Watch the Rolling Stones and Paul McCartney Play Each Other's Hits
The Beatles vs. the Rolling Stones was one of the great musical rivalries of the Sixties.
So it was “strange,” as Mick Jagger himself said, to see the Stones pay tribute to the Fab Four at the Desert Trip festival by performing their 1969 Abbey Road song “Come Together.” The Rolling Stones kicked off the inaugural Desert Trip festival on Friday, October 7.
Mick Jagger told the crowd of 75,000 the band was going to do “something strange” by performing “a cover song of some sort of unknown…beat group that you might remember,” he said, pausing meaningfully before “beat group.” “We’re gonna try a cover of one of their tunes.”
- It’s unknown what prompted the performance of the John Lennon composition. It might have been Lennon’s birthday, which was Sunday, October 9, or it could have been the festival’s inclusion of Paul McCartney, who played on Saturday. Yahoo reports that McCartney watched the Stones’ performance from a private VIP box and pumped his fist approvingly as they played “Come Together.”

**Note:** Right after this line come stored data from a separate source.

// The packets that are read ahead: a row of their lengths, and a row of their bytes joined, in whose last part stands what is read ahead of the file.
use crate::next::{Next, Reader};
use crate::{Ending, Source};
use ahead::Ahead;
use host::Host;
use options::Command;
use records::Stop;
use text::Line;

// The longest packet.
const MOST: usize = 4096;

// Packets stand before this place of the row of bytes, and what is read ahead of the file from there on: room for two frames of any length.
const REST: usize = 49152;

// How many places at which bytes are passed over have a line each.
const LINES: u64 = 5;

// The rows.
#[derive(Drop)]
pub struct Rows {
    lengths: [u16; 256],
    bytes: [u8; 65536],
}

// Which packets wait: their lengths stand from `first` to before `end`, and their bytes from `from` to before `to`.
#[derive(Clone, Copy, Debug)]
pub struct Window {
    pub first: usize,
    pub end: usize,
    pub from: usize,
    pub to: usize,
    // Why no more are read, once that is so, and how many packets have been read.
    pub ending: Option<Ending>,
    pub read: u64,
    // Whether packets stand in ADTS frames, whether bytes at which no frame begins are passed over, and what is read ahead of the file.
    pub adts: bool,
    pub resync: bool,
    pub ahead: Ahead,
    // How many bytes were passed over since the last packet, and in all, and at how many places.
    pub skipped: u64,
    pub passed: u64,
    pub places: u64,
}

// The part of a row between two places; nothing where there is no such part.
fn part<T>(row: &[T], from: usize, to: usize) -> &[T] {
    row.get(from..to).unwrap_or(&[])
}

// Moves what stands between two places of a row to its start, as far as the row has it. Answers how much it is.
fn move_down<T: Copy>(row: &mut [T], from: usize, to: usize) -> usize {
    let end = to.min(row.len());
    if end < from {
        return 0;
    }
    row.copy_within(from..end, 0);
    end - from
}

impl Rows {
    pub fn new() -> Rows {
        Rows {
            lengths: [0; 256],
            bytes: [0; 65536],
        }
    }

    // The lengths of the packets that wait.
    pub fn offered(&self, window: Window) -> &[u16] {
        part(&self.lengths, window.first, window.end)
    }

    // Their bytes.
    pub fn joined(&self, window: Window) -> &[u8] {
        part(&self.bytes, window.from, window.to)
    }

    // Moves a packet that stands in the last part of the row of bytes to a place before it. Answers how many bytes it has.
    fn put_bytes(&mut self, to: usize, from: usize, length: usize) -> usize {
        if self.bytes.len() < to {
            return 0;
        }
        let start = REST.wrapping_add(from).wrapping_sub(to);
        move_down(&mut self.bytes[to..], start, start.wrapping_add(length))
    }

    // Puts the length of a packet into the row of lengths, if it has that place.
    fn put_length(&mut self, at: usize, size: usize) {
        if let Some(length) = self.lengths.get_mut(at) {
            *length = (size % 65536) as u16;
        }
    }
}

// The words for bytes that are passed over, after so many such places, with at signs for how many they are and for the places of the file between which they
// stand; none after some places.
fn passed_words(places: u64) -> &'static [u8] {
    if places < LINES {
        return b": passed over @ bytes, from byte @ to byte @: no frame begins there\n";
    }
    if places == LINES {
        return b": further places passed over are counted only\n";
    }
    b""
}

// Says that bytes before a place of the file are passed over, after so many such places.
fn say_passed(host: &Host, label: &[u8], bytes: u64, place: u64, places: u64) {
    if LINES < places {
        return;
    }
    let mut words = Line::<128>::new();
    words.fill(
        passed_words(places),
        &[bytes, place.wrapping_sub(bytes), place],
    );
    files::say(host, label, words.bytes());
}

impl Window {
    // No packet of a file is read yet. Where `resync` is set, bytes at which no ADTS frame begins will be passed over.
    pub fn new(source: Source, resync: bool) -> Window {
        Window {
            first: 0,
            end: 0,
            from: 0,
            to: 0,
            ending: None,
            read: 0,
            adts: source.adts,
            resync,
            ahead: Ahead::new(source.fd, 0),
            skipped: 0,
            passed: 0,
            places: 0,
        }
    }

    // Whether no packet waits.
    pub fn is_empty(self) -> bool {
        self.end <= self.first
    }

    // Whether the source ended inside a packet or at a fault.
    pub fn is_broken(self) -> bool {
        match self.ending {
            None | Some(Ending::Records(Stop::End)) => false,
            Some(_) => true,
        }
    }

    // Whether what waits fills any PDU: over 63 packets, or more bytes than a PDU of 20,480 and the part of a packet that is sent.
    fn is_enough(self) -> bool {
        if (self.end < self.first) | (self.to < self.from) {
            return true;
        }
        (63 < self.end.wrapping_sub(self.first)) | (24576 < self.to.wrapping_sub(self.from))
    }

    // The same packets at the start of both rows.
    fn moved(self, rows: &mut Rows) -> Window {
        Window {
            first: 0,
            end: move_down(&mut rows.lengths, self.first, self.end),
            from: 0,
            to: move_down(&mut rows.bytes, self.from, self.to),
            ..self
        }
    }

    // The same packets, where the bytes that were passed over before the next one are said.
    fn said(self, host: &Host, label: &[u8]) -> Window {
        if self.skipped == 0 {
            return self;
        }
        say_passed(host, label, self.skipped, self.ahead.offset, self.places);
        Window {
            skipped: 0,
            places: self.places.wrapping_add(1),
            ..self
        }
    }

    // The same packets where no more can be read, which is said unless the file ends.
    fn closed(self, host: &Host, label: &[u8], ending: Ending) -> Window {
        let next = self.said(host, label);
        crate::say_end_at(host, label, ending, self.read, self.ahead.offset);
        Window {
            ending: Some(ending),
            ..next
        }
    }

    // The same packets where more bytes are passed over.
    fn passed(self, many: usize, ahead: Ahead) -> Window {
        Window {
            ahead,
            skipped: self.skipped.wrapping_add(many as u64),
            passed: self.passed.wrapping_add(many as u64),
            ..self
        }
    }

    // The same packets and one more, of so many bytes.
    fn with_packet(self, host: &Host, label: &[u8], size: usize, ahead: Ahead) -> Window {
        Window {
            end: self.end.wrapping_add(1),
            to: self.to.wrapping_add(size),
            read: self.read.wrapping_add(1),
            ahead,
            ..self.said(host, label)
        }
    }

    // The same packets after a reading, if there is room for one more: with that, or more bytes that are passed over; where none can be read, says why and
    // closes the window.
    fn taken(self, host: &Host, label: &[u8], rows: &mut Rows) -> Window {
        if (rows.lengths.len() <= self.end) | (REST - MOST < self.to) {
            return self;
        }
        let mut reader = Reader {
            ahead: self.ahead,
            buf: &mut rows.bytes[REST..],
        };
        let next = reader.read(host, self.adts, self.resync, self.skipped != 0);
        let ahead = reader.ahead;
        match next {
            Err(ending) => self.closed(host, label, ending),
            Ok(Next::Passed(many)) => self.passed(many, ahead),
            Ok(Next::Packet { from, length }) => {
                let size = rows.put_bytes(self.to, from, length);
                rows.put_length(self.end, size);
                self.with_packet(host, label, size, ahead)
            }
        }
    }

    // Reads ahead, if what waits may not fill a PDU, until the rows are full or the source ends.
    pub fn filled(self, host: &Host, label: &[u8], rows: &mut Rows) -> Window {
        if self.ending.is_some() | self.is_enough() {
            return self;
        }
        let mut now = self.moved(rows);
        for _ in 0..u64::MAX {
            let next = now.taken(host, label, rows);
            if (now.end == next.end) & (now.passed == next.passed) {
                return next;
            }
            now = next;
        }
        now
    }

    // Says at how many places bytes were passed over, if at any, and how many bytes.
    pub fn say_places(self, host: &Host, command: Command) {
        if self.places == 0 {
            return;
        }
        options::say_numbers(
            host,
            command,
            b": places passed over @ (bytes @)\n",
            &[self.places, self.passed],
        );
    }

    // The packets that wait once so many have ended.
    pub fn without(self, rows: &Rows, ended: u32) -> Window {
        let rest = rows.lengths.get(self.first..).unwrap_or(&[]);
        let gone = &rest[..rest.len().min(ended as usize)];
        let mut from = self.from;
        for &length in gone {
            from = from.saturating_add(usize::from(length)).min(self.to);
        }
        Window {
            first: self.first.wrapping_add(gone.len()),
            from,
            ..self
        }
    }
}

- McCartney, for his part, returned the favor when he performed “I Wanna Be Your Man” at his Saturday night concert. McCartney and Lennon wrote the song for the Rolling Stones in the summer of 1963, a time when the Beatles were climbing up the British pop charts while the Stones were still struggling to have a hit. “I Wanna Be Your Man” became a hit for the group. Shortly afterward, the Beatles recorded their own version of the song, which appeared on their 1963 sophomore album, With the Beatles, sung by drummer Ringo Starr.

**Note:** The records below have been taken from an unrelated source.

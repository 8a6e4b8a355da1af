// The word of a line and its numbers, as a command. A number that is not there is 0, and one too many is not looked at.
ghost use Rattle.std.specs.Prelude.{◌<◌, length, MatchOption};
ghost use Rattle.text.specs.Names.{words_of, Placed};
ghost use Rattle.methods_views.specs.Commands.{place_of};

use crate::readings::{Named, Reading};
use field::slice::word_at;
use std::array;
use text::name::find;

// The words that a line can have, a space between.
const WORDS: &[u8] = b"\
shape matrix point lambda len start fold0 fold pair openings work round0 mat_shape mat_view mat_cell new new_cell";

// In the order of their words.
#[derive(Clone, Copy)]
enum Word {
    Shape,
    Matrix,
    Point,
    Lambda,
    Len,
    Start,
    Fold0,
    Fold,
    Pair,
    Openings,
    Work,
    Round0,
    MatShape,
    MatView,
    MatCell,
    New,
    NewCell,
}

const COMMANDS: [Word; 17] = [
    Word::Shape,
    Word::Matrix,
    Word::Point,
    Word::Lambda,
    Word::Len,
    Word::Start,
    Word::Fold0,
    Word::Fold,
    Word::Pair,
    Word::Openings,
    Word::Work,
    Word::Round0,
    Word::MatShape,
    Word::MatView,
    Word::MatCell,
    Word::New,
    Word::NewCell,
];

impl Word {
    // The command whose word it is.
    fn of(word: &[u8]) -> Option<Word>
        ensures { let words = words_of WORDS.now in MatchOption result (Placed words word.now (length words)) (λ command. (place_of command < length words) × Placed words word.now (place_of command)) }
    {
        let place = find(WORDS, word)?;
        Some(COMMANDS[place])
    }
}

// A call of a run, with the numbers of its line: a round, a challenge.
#[derive(Clone, Copy)]
pub enum Call {
    Start,
    FoldFirst([u32; 4]),
    Fold(u32, [u32; 4]),
    Pair(u32),
    Openings,
    Work,
    RoundZero,
}

#[derive(Clone, Copy)]
pub(crate) enum Command<'a> {
    // The commands that set what is held; the last a buffer's length.
    Shape(&'a [u32]),
    Matrix(&'a [u32]),
    Point(&'a [u32]),
    Lambda([u32; 4]),
    Length(u32, usize),
    Call(Call),
    Read(Reading),
}

// The first four numbers.
fn four(x: &[u32]) -> [u32; 4] {
    array::from_fn(|i| word_at(x, i))
}

impl<'a> Command<'a> {
    pub(crate) fn named(word: &[u8], x: &'a [u32]) -> Option<Command<'a>> {
        let first = word_at(x, 0);
        let size = |i| word_at(x, i) as usize;
        let matrix = Named::Matrix(size(0));
        let made = Named::Made(size(0), size(1));
        Some(match Word::of(word)? {
            Word::Shape => Command::Shape(x),
            Word::Matrix => Command::Matrix(x),
            Word::Point => Command::Point(x),
            Word::Lambda => Command::Lambda(four(x)),
            Word::Len => Command::Length(first, size(1)),
            Word::Start => Command::Call(Call::Start),
            Word::Fold0 => Command::Call(Call::FoldFirst(four(x))),
            Word::Fold => Command::Call(Call::Fold(first, four(x.get(1..).unwrap_or(&[])))),
            Word::Pair => Command::Call(Call::Pair(first)),
            Word::Openings => Command::Call(Call::Openings),
            Word::Work => Command::Call(Call::Work),
            Word::Round0 => Command::Call(Call::RoundZero),
            Word::MatShape => Command::Read(Reading::Shape(size(0))),
            Word::MatView => Command::Read(Reading::View(matrix)),
            Word::MatCell => Command::Read(Reading::Cell(matrix, size(1), size(2))),
            Word::New => Command::Read(Reading::View(made)),
            Word::NewCell => Command::Read(Reading::Cell(made, size(2), size(3))),
        })
    }
}
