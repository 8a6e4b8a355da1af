// The numbers of a line, kept.
ghost use Rattle.std.specs.Prelude.{◌≡◌, [], take};

use std::marker::Model;

// As many as there is room for.
#[derive(Drop)]
pub struct Numbers {
    words: [u32; 16384],
    count: usize,
}

impl Model for Numbers {
    ghost use Rattle.std.specs.Prelude.{◌≤◌, List, ℕ, take};

    ghost Value = { List ℕ };

    ghost view = { λ s. take s.count s.words };

    ghost invariant = { λ s. s.count ≤ 16384 };
}

impl Default for Numbers {
    ghost is_default = { λ x. x ≡ [] };

    fn default() -> Numbers {
        let words = [0; 16384];
        Numbers { words, count: 0 }
    }
}

impl Numbers {
    // The numbers of a line in place of those that were here.
    pub(crate) fn keep(&mut self, x: &[u32])
        ensures { self.new ≡ take 16384 x.now }
    {
        let count = x.len().min(16384);
        self.words[..count].copy_from_slice(&x[..count]);
        self.count = count;
    }

    pub fn as_slice(&self) -> &[u32]
        ensures { result.now ≡ self.now }
    {
        &self.words[..self.count]
    }
}
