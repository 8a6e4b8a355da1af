// The answers, a line each.
use field::answer::Refusal;
use text::print;

// A word, then the numbers of each part.
fn say(head: &[u8], parts: &[&[u32]]) {
    let mut page = [0u8; 4096];
    let mut at = print::start(&mut page, head);
    for part in parts {
        at = print::decimals(&mut page, at, part);
    }
    print::end(&mut page, at);
}

pub(crate) fn error() {
    say(b"error", &[]);
}

pub fn done(parts: &[&[u32]]) {
    say(b"ok", parts);
}

pub(crate) fn refused(refusal: Refusal) {
    say(b"refused", &[&[refusal as u32]]);
}

// The numbers of a call that is done, or that of its refusal.
pub fn answered(answer: Result<(), Refusal>, parts: &[&[u32]]) {
    match answer {
        Ok(()) => done(parts),
        Err(refusal) => refused(refusal),
    }
}
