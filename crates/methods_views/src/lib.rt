// The lines of the program `methods`: what is held between them, what they are answered, and the commands that call nothing of a
// run, those of a view by the methods of `views`.
#![tactic(auto)]

pub mod commands;
pub mod held;
pub mod lines;
pub mod numbers;
mod readings;
pub mod replies;
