// What is held between lines: nothing and zeros to begin with.
ghost use Rattle.std.specs.Prelude.{◌≡◌, slice_index, take, drop};

use crate::numbers::Numbers;
use field::slice::word_at;
use prover::given::Given;

// The lengths at which the work buffers, the openings and the first polynomial are handed on.
#[derive(Clone, Copy, Default)]
pub struct Lengths {
    pub q_evals: usize,
    pub eq_r: usize,
    pub k_rot_r: usize,
    pub eq_ub: usize,
    pub openings: usize,
    pub first: usize,
}

impl Lengths {
    // Buffers 0 to 3 are the work buffers, 4 the openings, 6 the first polynomial.
    pub(crate) fn set(&mut self, buffer: u32, length: usize) {
        match buffer {
            0 => self.q_evals = length,
            1 => self.eq_r = length,
            2 => self.k_rot_r = length,
            3 => self.eq_ub = length,
            4 => self.openings = length,
            6 => self.first = length,
            _ => {}
        }
    }
}

// The numbers of the last line of each list, lambda and the lengths.
#[derive(Default, Drop)]
pub struct Held {
    pub shape: Numbers,
    pub matrix: Numbers,
    pub point: Numbers,
    pub lambda: [u32; 4],
    pub lengths: Lengths,
}

impl Held {
    // A shape's numbers are l_skip, n_stack, K, then K counts, then the triples' words.
    pub fn given(&self) -> Given<'_>
        ensures l_skip { result.l_skip ≡ slice_index self.now.shape 0 }
        ensures n_stack { result.n_stack ≡ slice_index self.now.shape 1 }
        ensures counts { result.counts.now ≡ take (slice_index self.now.shape 2) (drop 3 self.now.shape) }
        ensures lists { result.lists.now ≡ drop (slice_index self.now.shape 2) (drop 3 self.now.shape) }
        ensures r { result.r.now ≡ self.now.point }
        ensures lambda { result.lambda ≡ self.now.lambda }
    {
        let shape = self.shape.as_slice();
        let rest = shape.get(3..).unwrap_or(&[]);
        let (counts, lists) = rest.split_at(rest.len().min(word_at(shape, 2) as usize));
        let lambda = self.lambda;
        Given {
            l_skip: word_at(shape, 0),
            n_stack: word_at(shape, 1),
            counts,
            lists,
            r: self.point.as_slice(),
            lambda,
        }
    }
}
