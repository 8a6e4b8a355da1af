// A line's command, answered unless it is a call of a run.
use crate::commands::{Call, Command};
use crate::held::Held;
use crate::replies;
use text::line::Line;

fn obey(command: Command<'_>, held: &mut Held) -> Option<Call> {
    match command {
        Command::Shape(x) => held.shape.keep(x),
        Command::Matrix(x) => held.matrix.keep(x),
        Command::Point(x) => held.point.keep(x),
        Command::Lambda(lambda) => held.lambda = lambda,
        Command::Length(buffer, length) => held.lengths.set(buffer, length),
        Command::Call(call) => return Some(call),
        Command::Read(reading) => {
            reading.answer(held);
            return None;
        }
    }
    replies::done(&[]);
    None
}

// Answers a line, or says which call of a run it is.
pub fn answer(line: Line, word: &[u8], numbers: &[u32], held: &mut Held) -> Option<Call> {
    let command = match line {
        Line::Nothing => return None,
        Line::Wrong => None,
        Line::Whole(letters, count) => Command::named(
            word.get(..letters).unwrap_or(word),
            numbers.get(..count).unwrap_or(numbers),
        ),
    };
    let Some(command) = command else {
        replies::error();
        return None;
    };
    obey(command, held)
}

“Last night the Stones did us a tribute and played one of the Beatles songs,” McCartney announced at his show. “We’re gonna play one of theirs now. It’s actually their first hit in England, and it’s one that me and John wrote for them.”
You can watch both clips below.
The Desert Trip festival, which ran from October 7 through 9, also featured appearances by Bob Dylan, who opened the event, Neil Young, who opened for McCartney, and Sunday’s performance tandem of the Who and Roger Waters.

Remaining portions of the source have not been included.